The hire van is receiving a severe punishing on this tour. Yesterday we acquired our second flat tyre. And not just flat, but ripped open. Flapping in the breeze. Rim to the bitumen. Google maps was to blame this time. Cloher was driving us to the ABC for a live interview, with Google maps navigating, when we sailed past the ABC building in the wrong direction, Ms Google instructing us to 'Continue Straight'. Jen decided to chuck a U-bolt and mistimed the manoeuvre, slamming the front tyre into the curb. I had my drink bottle open at the time and water crashed forth dramatically from it on impact. Tempers were frayed but Jen and I managed to make it to the radio interview while Dyso dealt with the NRMA who, by some miracle, arrived within five minutes of her hanging up from the operator. Nothing tests the nerves like driving in Sydney. And we've all had some hire car disasters. This one pales in comparison to some of them. On my last album tour I managed to lose the (electronic) key to our hire van and we had to wait a few days, the van parked on a street in Coogee with the entire bands' gear still locked in the back of it, until the new $350 replacement key arrived. I've heard stories of rear windows exploding, crashes, being chased for years for money after not taking out any vehicle insurance. Luckily this Toyota we have this time was already battle scarred. "We will drive this van to its grave" said Jen last night on stage after we'd recounted the days happenings. "Yeah" said Dyso, "Canberra".

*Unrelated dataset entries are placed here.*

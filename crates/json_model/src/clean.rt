//! Trees that the walk found no fault in, taken apart.

ghost use Rattle.std.specs.Prelude.{◌≡◌, ◌≤◌, ◌∷◌, [], suc, true, false, Some, IsSome, IfSome, IfErr, OnOk, option_map};
ghost use Rattle.serde_json.specs.Data.{depth, items_depth, members_depth};
ghost use Rattle.serde_json.specs.Find.{as_object, as_array};
ghost use Rattle.serde_json.specs.View.{view, items_view, members_view};
ghost use Rattle.json_model.specs.declared.place.Place.TheVariants as places;
ghost use Rattle.json_model.specs.Clean.{IsClean, AreClean, ItemsAreClean};
ghost use Rattle.json_model.specs.Faults.{FaultsAt, IsFault};
ghost use Rattle.json_model.specs.Members.{given as given_of, chosen, refined as refined_of};
ghost use Rattle.json_model.specs.Places.{chooses, is_among, is_choice, is_unknown, required, member_place as member_place_of};

use crate::fault::JsonFault;
use crate::members::{given, only_choice};
use crate::place::{Object, Place, Series};
use crate::setting::Setting;
use crate::walk::find_fault;
use document_keys::NoMemory;
use serde_json::{Map, Value as Json};
use std::alloc::Global;

/// Whether the tree has no fault at the place.
///
/// # Errors
/// The first fault of the least kind, or `NoMemory`.
#[tactic(auto, using(crate::proofs::Firsts::none_found))]
pub fn check(
    alloc: Global,
    setting: &Setting<'_>,
    limit: u64,
    place: Place,
    name: &str,
    json: &Json,
) -> Result<(), JsonFault>
    ensures clean { OnOk result (FaultsAt setting.now limit place name.now (view json.now) []) }
    ensures fault { IfErr result (λ fault. IsFault
        (FaultsAt setting.now limit place name.now (view json.now)) fault) }
{
    match find_fault(alloc, setting, limit, place, name, json) {
        Ok(Some(fault)) => Err(fault),
        Ok(None) => Ok(()),
        Err(NoMemory) => Err(JsonFault::NoMemory),
    }
}

/// The members of an object without faults.
#[tactic(auto, using(crate::proofs::Sound::object_there))]
pub fn clean_object<'a>(
    _setting: &Setting<'_>,
    _object: Object,
    json: &'a Json,
) -> &'a Map<String, Json>
    requires { IsClean _setting.now (places.Object _object) (view json.now) }
    ensures is { as_object (view json.now) ≡ Some (members_view result.now.entries) }
    ensures clean { AreClean _setting.now _object (members_view result.now.entries) }
    ensures depth { depth (view json.now) ≡ suc (members_depth (members_view result.now.entries)) }
{
    match json.as_object() {
        Some(members) => members,
        None => unreachable!(),
    }
}

/// The items of a list without faults.
#[tactic(auto, using(crate::proofs::Sound::list_there))]
pub fn clean_list<'a>(_setting: &Setting<'_>, _series: Series, json: &'a Json) -> &'a Vec<Json>
    requires { IsClean _setting.now (places.Series _series) (view json.now) }
    ensures is { as_array (view json.now) ≡ Some (items_view result.now.items) }
    ensures clean { ItemsAreClean _setting.now _series (items_view result.now.items) }
    ensures depth { depth (view json.now) ≡ suc (items_depth (items_view result.now.items)) }
{
    match json.as_array() {
        Some(items) => items,
        None => unreachable!(),
    }
}

/// What stands under the name in an object without faults. A required member is there.
#[tactic(auto, using(crate::proofs::Sound::given_all))]
pub fn clean_member<'a>(
    _setting: &Setting<'_>,
    _object: Object,
    members: &'a Map<String, Json>,
    name: &str,
) -> Option<&'a Json>
    requires { AreClean _setting.now _object (members_view members.now.entries) }
    ensures is { option_map (λ v. view v.now) result ≡ given_of name.now (members_view members.now.entries) }
    ensures clean { IfSome result (λ v. IsClean _setting.now
        (member_place_of (refined_of _object (members_view members.now.entries)) name.now)
        (view v.now)) }
    ensures there { is_among name.now (required
        (refined_of _object (members_view members.now.entries))) ≡ true → IsSome result }
    ensures depth { IfSome result (λ v. depth (view v.now) ≤ members_depth
        (members_view members.now.entries)) }
{
    given(members, name)
}

/// The alternative of an object without faults that must have exactly one, with its name.
#[tactic(auto, using(crate::proofs::Choices::choice_clean, crate::proofs::Choices::chosen_choice, crate::proofs::Trees::choice_depth))]
pub fn clean_choice<'a>(
    _setting: &Setting<'_>,
    object: Object,
    members: &'a Map<String, Json>,
) -> (&'a str, &'a Json)
    requires chooses { chooses object ≡ true }
    requires clean { AreClean _setting.now object (members_view members.now.entries) }
    ensures known { is_unknown (member_place_of object result.0.now) ≡ false }
    ensures choice { is_choice object result.0.now ≡ true }
    ensures only { chosen object (members_view members.now.entries) ≡ (result.0.now, view result.1.now) ∷ [] }
    ensures clean { IsClean _setting.now
        (member_place_of (refined_of object (members_view members.now.entries)) result.0.now)
        (view result.1.now) }
    ensures depth { depth (view result.1.now) ≤ members_depth (members_view members.now.entries) }
{
    match only_choice(object, members) {
        Some(choice) => choice,
        None => unreachable!(),
    }
}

We've been making our way down the East Coast. It's gig number ten tonight, in Katoomba, and the vortex of touring has already closed in. I was having a smoke out the back of the Brass Monkey in Cronulla last night, reading an Age newspaper blog about a Melbourne Cup reveller vomiting pink alco pop all over her boyfriends' shoes, when a homeless guy appeared looming over me from street level. He proceeded to talk at me about the state of the economy in Australia and the false sense of security that we've been lulled into in this country. What he was saying was making a lot of sense. When I told him I was a musician his voice raised as he explained that musicians these days don't sing with any conviction because no-one's got any soul anymore. I politely disagreed. He completely lost me when he started suggesting that more women than ever before were getting breast cancer because Germaine Greer had encouraged them all to burn their bras… That was an intense few minutes with him out there. I returned to my soda water, nursing my hangover, and pondered (some of) what he'd said until we went on stage.

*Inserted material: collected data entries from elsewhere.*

//! What texts and names are in memory, shown where it is needed. Nothing is done when these run.

ghost use Rattle.std.specs.Prelude.{◌<◌, length, IsUtf8};
ghost use Rattle.std.specs.List.{All};
ghost use Rattle.value_model.specs.Storable.{IsStorableText, IsStorableSegment, IsStorableKey};

use document_keys::{DocumentKey, FieldPath, Segment};

/// Shows that a text is UTF-8. Nothing is done.
pub fn show_text(text: &str)
    ensures { IsStorableText text.now }
{
    let _count = text.len();
}

/// A segment is a text.
pub(crate) fn show_segment(segment: &Segment)
    ensures { IsStorableSegment segment.now }
{
    show_text(segment.as_str());
}

/// Shows that the segments of a key are UTF-8. Nothing is done.
pub fn show_key(key: &DocumentKey)
    ensures { IsStorableKey key.now }
{
    for i in 0..key.len() {
        if let Some(segment) = key.segment(i) {
            show_text(segment);
        }
    }
}

/// A path has names, which are texts.
pub fn show_path(path: &FieldPath)
    ensures some { 0 < length path.now }
    ensures utf8 { All IsUtf8 path.now }
{
    for i in 0..path.len() {
        if let Some(name) = path.segment(i) {
            show_text(name);
        }
    }
}
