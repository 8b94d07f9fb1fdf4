//! The tables: what is to stand under which name of which object. A new object is a row here, and in `specs/Places.antt`. A name
//! is compared with one row after another, so what comes most stands first in the long tables of values, lines and writes.

ghost use Rattle.std.specs.Prelude.{◌≡◌, map, IsTrue, if◌then◌else◌};
ghost use Rattle.std.specs.Str.{bytes_eq};
ghost use Rattle.json_model.specs.declared.place.Leaf.TheVariants as leaves;
ghost use Rattle.json_model.specs.declared.place.Place.TheVariants as places;
ghost use Rattle.json_model.specs.Places as table;

use crate::place::{Constants, Leaf, Object, Place, Series};

/// The kinds of a value.
#[tactic(auto, unfolding(crate::specs::Places::value_rows))]
pub fn value_member(name: &str) -> Place
    ensures { result ≡ table.value_member name.now }
{
    match name {
        "stringValue" => Place::Leaf(Leaf::Text),
        "integerValue" => Place::Leaf(Leaf::Integer),
        "booleanValue" => Place::Leaf(Leaf::Boolean),
        "timestampValue" => Place::Leaf(Leaf::Time),
        "mapValue" => Place::Object(Object::Map),
        "arrayValue" => Place::Object(Object::Array),
        "nullValue" => Place::Leaf(Leaf::Null),
        "referenceValue" => Place::Leaf(Leaf::Reference),
        "bytesValue" => Place::Leaf(Leaf::Bytes),
        "doubleValue" => Place::Unsupported,
        "geoPointValue" => Place::Unsupported,
        _ => Place::Unknown,
    }
}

It was Danny's birthday on Monday. In true band spirit we 'got on it' with him later in the evening, after Mia, Jen and I conducted another workshop. There was also Yum Cha for lunch. Danny's request. Without any days off it's hard to really celebrate with gusto but we gave it a red hotty. And Danny's enthusiasm for all things birthday was incredibly infectious. We've decided to extend the day's celebrations to an entire week.